## Instructions to follow:
Each line must appear in the answer exactly as it does in the data.

(Recorded data)

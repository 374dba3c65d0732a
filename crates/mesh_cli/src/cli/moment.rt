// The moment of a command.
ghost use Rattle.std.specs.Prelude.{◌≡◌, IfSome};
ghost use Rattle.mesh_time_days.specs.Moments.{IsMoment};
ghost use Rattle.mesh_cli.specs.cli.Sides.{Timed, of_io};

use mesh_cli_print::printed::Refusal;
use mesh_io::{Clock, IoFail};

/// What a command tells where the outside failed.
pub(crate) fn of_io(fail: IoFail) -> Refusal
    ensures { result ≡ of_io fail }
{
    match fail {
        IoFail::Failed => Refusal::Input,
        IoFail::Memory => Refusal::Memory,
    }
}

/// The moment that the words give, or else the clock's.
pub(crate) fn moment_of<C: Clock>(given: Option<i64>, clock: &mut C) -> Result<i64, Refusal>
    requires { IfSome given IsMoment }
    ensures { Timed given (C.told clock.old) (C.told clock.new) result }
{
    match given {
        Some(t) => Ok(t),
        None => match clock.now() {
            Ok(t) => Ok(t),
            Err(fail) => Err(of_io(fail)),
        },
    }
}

## Response:
repository 374dba3c65d0732a
filename crates/mesh_cli/src/cli/moment.rt
// The moment of a command.
ghost use Rattle.std.specs.Prelude.{◌≡◌, IfSome};
ghost use Rattle.mesh_time_days.specs.Moments.{IsMoment};
ghost use Rattle.mesh_cli.specs.cli.Sides.{Timed, of_io};

use mesh_cli_print::printed::Refusal;
use mesh_io::{Clock, IoFail};

/// What a command tells where the outside failed.
pub(crate) fn of_io(fail: IoFail) -> Refusal
    ensures { result ≡ of_io fail }
{
    match fail {
        IoFail::Failed => Refusal::Input,
        IoFail::Memory => Refusal::Memory,
    }
}

/// The moment that the words give, or else the clock's.
pub(crate) fn moment_of<C: Clock>(given: Option<i64>, clock: &mut C) -> Result<i64, Refusal>
    requires { IfSome given IsMoment }
    ensures { Timed given (C.told clock.old) (C.told clock.new) result }
{
    match given {
        Some(t) => Ok(t),
        None => match clock.now() {
            Ok(t) => Ok(t),
            Err(fail) => Err(of_io(fail)),
        },
    }
}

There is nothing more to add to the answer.